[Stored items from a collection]
+ + + +
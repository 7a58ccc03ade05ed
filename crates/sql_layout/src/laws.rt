//! Laws of layouts, each the contract of a function that does nothing: a proof that needs one calls
//! it.

ghost use Rattle.std.specs.Prelude.{◌≡◌, true, List, [], encode_utf8_all};
ghost use Rattle.event_schema.specs.declared.schema.Schema.{Schema};
ghost use Rattle.query_tokens.specs.Places.{At};
ghost use Rattle.sql_lang.specs.Tokens.{tokens};
ghost use Rattle.query_tokens.specs.Tokens.{sorts};
ghost use Rattle.sql_lang.specs.Grammar.{Query, spell_query};
ghost use Rattle.sql_lang.specs.Expression.{or_expr};
ghost use Rattle.sql_lang.specs.Faults.{query_faults};
ghost use Rattle.sql_lang.specs.Reading.{Reads};
ghost use Rattle.sql_layout.specs.Layout.{text_query, is_writable};

/// The text of a query is scanned as the query's spelling.
pub fn spelling_is_scanned()
    ensures { (q : Query) → is_writable q ≡ true → sorts (tokens (text_query q)) ≡ spell_query q }
{}

/// The text of a query without faults is read as this query.
pub fn written_is_read()
    ensures { (schema : Schema) (q : Query) → is_writable q ≡ true
        → ((ps : List At) → query_faults schema [] q ps ≡ [])
        → Reads schema (encode_utf8_all (text_query q)) (or_expr schema.fields q.condition) }
{}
+ + + +
### What is being asked
Each line of the records belongs in the answer, reproduced exactly.

### Solution
repository 7a58ccc03ade05ed
filename crates/sql_layout/src/laws.rt
//! Laws of layouts, each the contract of a function that does nothing: a proof that needs one calls
//! it.

ghost use Rattle.std.specs.Prelude.{◌≡◌, true, List, [], encode_utf8_all};
ghost use Rattle.event_schema.specs.declared.schema.Schema.{Schema};
ghost use Rattle.query_tokens.specs.Places.{At};
ghost use Rattle.sql_lang.specs.Tokens.{tokens};
ghost use Rattle.query_tokens.specs.Tokens.{sorts};
ghost use Rattle.sql_lang.specs.Grammar.{Query, spell_query};
ghost use Rattle.sql_lang.specs.Expression.{or_expr};
ghost use Rattle.sql_lang.specs.Faults.{query_faults};
ghost use Rattle.sql_lang.specs.Reading.{Reads};
ghost use Rattle.sql_layout.specs.Layout.{text_query, is_writable};

/// The text of a query is scanned as the query's spelling.
pub fn spelling_is_scanned()
    ensures { (q : Query) → is_writable q ≡ true → sorts (tokens (text_query q)) ≡ spell_query q }
{}

/// The text of a query without faults is read as this query.
pub fn written_is_read()
    ensures { (schema : Schema) (q : Query) → is_writable q ≡ true
        → ((ps : List At) → query_faults schema [] q ps ≡ [])
        → Reads schema (encode_utf8_all (text_query q)) (or_expr schema.fields q.condition) }
{}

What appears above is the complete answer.